We can use facet_wrap() instead of facet_grid():
ggplot(ap, aes(x, y)) +
# geom_point(data = dp, alpha = 0.2) + # this line causes error message
geom_line() +
facet_wrap(~ deriv + df, scales = "free_y", labeller = label_both, nrow = 3) +
theme_bw()
Now, the y-axes of every panel are scaled individually exhibiting details of some of the panels.
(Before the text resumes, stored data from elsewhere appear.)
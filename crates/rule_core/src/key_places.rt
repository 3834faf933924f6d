//! Where each number stands in a list: one look-up in place of a search.
ghost use Rattle.std.specs.Prelude.{◌≡◌, ◌<◌, length};
ghost use Rattle.std.specs.List.{All};
ghost use Rattle.std.specs.Ordering.{nat_cmp};
ghost use Rattle.league.specs.Sets.{IsAscending};
ghost use Rattle.rule_core.specs.KeyPlaces.{ArePlaces, place_of};

use std::marker::Model;

/// For each number below 78, which a team's and a slot's are, its place in a list, counted from 1, or 0 where it isn't
/// there. It takes no memory beside itself.
#[derive(Drop)]
pub(crate) struct Places {
    places: [u8; 78],
}

impl Model for Places {
    ghost use Rattle.std.specs.Prelude.{ℕ, List};

    ghost Value = { List ℕ };

    ghost view = { λ p. p.places };
}

impl Places {
    /// The places in an ascending list of numbers below 78.
    pub(crate) fn of(numbers: &[u16]) -> Places
        requires ascending { IsAscending nat_cmp numbers.now }
        requires below { All (λ x. x < 78) numbers.now }
        ensures { ArePlaces (length numbers.now) numbers.now result }
    {
        let mut places = [0; 78];
        let mut next = 0;
        for number in numbers {
            next += 1;
            places[*number as usize] = next;
        }
        Places { places }
    }

    /// The place of a number, counted from 0, if it stands in the list.
    pub(crate) fn place(&self, number: u16) -> Option<usize>
        ensures { result ≡ place_of self.now number }
    {
        match self.places.get(number as usize) {
            Some(place) if *place > 0 => Some(*place as usize - 1),
            _ => None,
        }
    }
}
Unfortunately, we still can't "zoom in" into the bottom right panel because using coord_cartesian() would affect all panels.
In addition, the line
geom_point(data = dp, alpha = 0.2)
strangely causes
Error in gList(list(x = 0.5, y = 0.5, width = 1, height = 1, just = "centre", :
only 'grobs' allowed in "gList"
I had to comment this line out, so the the data points which are to be approximated are not displayed.
Data
library(data.table)
# data points
dp <- data.table(
x = c(6.6260, 6.6234, 6.6206, 6.6008, 6.5568, 6.4953, 6.4441, 6.2186,
6.0942, 5.8833, 5.7020, 5.4361, 5.0501, 4.7440, 4.1598, 3.9318,
3.4479, 3.3462, 3.1080, 2.8468, 2.3365, 2.1574, 1.8990, 1.5644,
1.3072, 1.1579, 0.95783, 0.82376, 0.67734, 0.34578, 0.27116, 0.058285),
y = 1:32,
deriv = 0)
# approximated data points and derivatives
ap <- rbindlist(
lapply(seq(2, length(dp$x), length.out = 4),
function(df) {
rbindlist(
lapply(0:2,
function(deriv) {
result <- as.data.table(
predict(smooth.spline(dp$x, dp$y, df = df), deriv = deriv))
result[, c("df", "deriv") := list(df, deriv)]
})
)
})
)
Late answer, but the following hack just occurred to me. Would it work for your use case?
Step 1. Create an alternative version of the intended plot, limiting the range of y values such that scales = "free_y" gives a desired scale range for each facet row. Also create the intended facet plot with the full data range:
library(ggplot2)
library(dplyr)
# alternate plot version with truncated data range
p.alt <- ap %>%
group_by(deriv) %>%
mutate(upper = quantile(y, 0.75),
lower = quantile(y, 0.25),
IQR.multiplier = (upper - lower) * 10) %>%
ungroup() %>%
mutate(is.outlier = y < lower - IQR.multiplier | y > upper + IQR.multiplier) %>%
mutate(y = ifelse(is.outlier, NA, y)) %>%
ggplot(aes(x, y)) +
geom_point(data = dp, alpha = 0.2) +
geom_line() +
facet_grid(deriv ~ df, scales = "free_y", labeller = label_both) +
theme_bw()
# intended plot version with full data range
p <- p.alt %+% ap
Step 2. Use ggplot_build() to generate plot data for both ggplot objects. Apply the panel parameters of the alt version onto the intended version:
p <- ggplot_build(p)
p.alt <- ggplot_build(p.alt)
p$layout$panel_params <- p.alt$layout$panel_params
rm(p.alt)
Step 3. Build the intended plot from the modified plot data, & plot the result:
p <- ggplot_gtable(p)
grid::grid.draw(p)
Note: in this example, I truncated the data range by setting all values more than 10*IQR away from the upper / lower quartile in each facet row as NA. This can be replaced by any other logic for defining outliers.